Untuk konten, media daring mirip dengan TV sebab
keberadaannya juga ditentukan di ujung jari, yaitu oleh jumlah klik per konten.
Berbeda halnya dengan media cetak, bertumpu pada edisi yang memuat berbagai
konten. Satu konten yang mengulik aspek permusuhan emosi pascakebenaran yang
dimuat pada satu edisi ”merugikan” konten-konten lain di edisi yang sama,
berikutnya membentuk citra untuk beberapa waktu atas brand media.
Memanfaatkan media digital bagi media cetak bukan jalan
keluar jika mengabaikan permasalahan mendasar yang dihadapi media cetak.
Migrasi ini membuatnya terpuruk. Disrupsi digital berbarengan dengan waham
pascakebenaran telah memperburuk kondisi media cetak.
Dari sini, perlu perumusan ulang orientasi media, khususnya
cetak, dalam menghadirkan diri di tengah publik yang berubah di era
pasca-kebenaran. Untuk itu pilihan atas konten dipertajam dengan orientasi pada
kepentingan pragmatis dan psikis atas dunia faktual dan obyektif guna mengatasi
kecenderungan emosional dan subyektif. Untuk itu, kepentingan publik bersifat
otentik akan mengatasi kecenderungan nilai pascakebenaran.
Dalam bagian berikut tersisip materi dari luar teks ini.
// What is said of a file without its whole content.
use crate::files::held;
use crate::keys::PART;
use crate::row::{Row, table_of};
use crate::text::text_of;
use crate::unlike::{Unlike, is_number, is_same, part_unlike};
use crate::value::{count, names, numbered};
use io_core::MemFiles;
use std::alloc::{AllocError, Global};
use std::mem;
use toml::{Table, Value};

fn is_of_word(byte: u8) -> bool {
    byte.is_ascii_alphanumeric() || byte == b'_'
}

// The words of a text, of letters, digits and `_`, and empty ones between other bytes.
fn words_in(alloc: Global, text: &[u8]) -> Result<Vec<Vec<u8>>, AllocError> {
    let mut words = Vec::new(alloc);
    let mut word = Vec::new(alloc);
    for byte in text {
        if is_of_word(*byte) {
            word.push(*byte)?;
        } else {
            let whole = mem::replace(&mut word, Vec::new(alloc));
            words.push(whole)?;
        }
    }
    words.push(word)?;
    Ok(words)
}

fn count_of(words: &[Vec<u8>], wanted: &[u8]) -> u64 {
    let mut count: u64 = 0;
    for word in words {
        if word.as_slice() == wanted {
            count = count.saturating_add(1);
        }
    }
    count
}

fn register_of(word: &[u8]) -> Option<u64> {
    let word = str::from_utf8(word).ok()?;
    word.strip_prefix("r")?.parse::<u64>().ok()
}

// The greatest register that stands among the words, or 0.
fn greatest_register(words: &[Vec<u8>]) -> u64 {
    let mut greatest: u64 = 0;
    for word in words {
        if let Some(register) = register_of(word) {
            if greatest < register {
                greatest = register;
            }
        }
    }
    greatest
}

fn is_counted(alloc: Global, files: &MemFiles, said: &Value) -> Result<(), Unlike> {
    let Some((file, word, wanted)) = count(said) else {
        return Err(Unlike::Form);
    };
    let content = held(alloc, files, file)?;
    let words = words_in(alloc, content)?;
    is_number(alloc, word, wanted, count_of(&words, word.as_bytes()))
}

// The greatest register of a file lies between two numbers.
fn has_registers(alloc: Global, files: &MemFiles, said: &Value) -> Result<(), Unlike> {
    let Some((file, least, most)) = numbered(said) else {
        return Err(Unlike::Form);
    };
    let content = held(alloc, files, file)?;
    let words = words_in(alloc, content)?;
    let register = greatest_register(&words);
    if register < least {
        is_number(alloc, "greatest register, at least", least, register)?;
    }
    if most < register {
        is_number(alloc, "greatest register, at most", most, register)?;
    }
    Ok(())
}

fn has_inside(text: &[u8], part: &[u8]) -> bool {
    for at in 0..text.len() {
        if text[at..].starts_with(part) {
            return true;
        }
    }
    false
}

// Whether a part stands at the place of this name, if it is one.
fn has(text: &[u8], part: &[u8], place: &str) -> Option<bool> {
    match place {
        "begin" => Some(text.starts_with(part)),
        "end" => Some(text.ends_with(part)),
        "inside" => Some(has_inside(text, part)),
        _ => None,
    }
}

// A file, a place and a text.
fn part_of(part: &Table) -> Option<(&str, &str, &Value)> {
    let file = part.get("file")?.as_str()?;
    let place = part.get("at")?.as_str()?;
    Some((file, place, part.get("text")?))
}

fn has_part(alloc: Global, files: &MemFiles, part: &Table) -> Result<(), Unlike> {
    let Some((file, place, text)) = part_of(part) else {
        return Err(Unlike::Form);
    };
    let content = held(alloc, files, file)?;
    let wanted = text_of(alloc, text)?;
    match has(content, &wanted, place) {
        Some(true) => Ok(()),
        Some(false) => Err(part_unlike(alloc, file, &wanted, content)?),
        None => Err(Unlike::Form),
    }
}

fn is_same_file(alloc: Global, files: &MemFiles, said: &Value) -> Result<(), Unlike> {
    let Some((name, other)) = names(said) else {
        return Err(Unlike::Form);
    };
    let wanted = held(alloc, files, name)?;
    let came = held(alloc, files, other)?;
    is_same(alloc, other, wanted, came)
}

fn are_counted(alloc: Global, files: &MemFiles, row: &Row) -> Result<(), Unlike> {
    for said in row.items("counts")? {
        is_counted(alloc, files, said)?;
    }
    Ok(())
}

fn have_registers(alloc: Global, files: &MemFiles, row: &Row) -> Result<(), Unlike> {
    for said in row.items("registers")? {
        has_registers(alloc, files, said)?;
    }
    Ok(())
}

fn have_parts(alloc: Global, files: &MemFiles, row: &Row) -> Result<(), Unlike> {
    for part in row.items("parts")? {
        has_part(alloc, files, table_of(part, PART)?)?;
    }
    Ok(())
}

fn are_same(alloc: Global, files: &MemFiles, row: &Row) -> Result<(), Unlike> {
    for said in row.items("same")? {
        is_same_file(alloc, files, said)?;
    }
    Ok(())
}

/// What the row says of words, registers and parts of files, and of files that hold the same.
pub fn is_as_said(alloc: Global, files: &MemFiles, row: &Row) -> Result<(), Unlike> {
    are_counted(alloc, files, row)?;
    have_registers(alloc, files, row)?;
    have_parts(alloc, files, row)?;
    are_same(alloc, files, row)
}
Maka, perlu dipertajam kriteria kelayakan dalam mencari
fakta di ruang publik. Bahwa ruang publik pada dasarnya diisi kegiatan warga
dalam berinteraksi dalam konteks institusi negara, pasar, dan masyarakat sipil.
Artinya, fokus bukan kepada pelaku
institusi negara, pasar, dan masyarakat sipil, melainkan lebih kepada warga
selaku ”konsumen” dari institusi-institusi itu.
Dengan memperbanyak konten yang menggali kepentingan otentik
dari fakta warga, publik pun akan kembali pada kebenaran faktualitas sehingga
menyatukan warga yang tersungkup dalam waham pascakebenaran. Ini jalan
metodologis, melalui jurnalisme dapat mengembalikan fitrah hubungan sosiologis
media pers dan khalayaknya. Bahwa media pers fungsional sebagai sumber
kebenaran faktualitas, bukan untuk pemuasan subyektivitas emosional.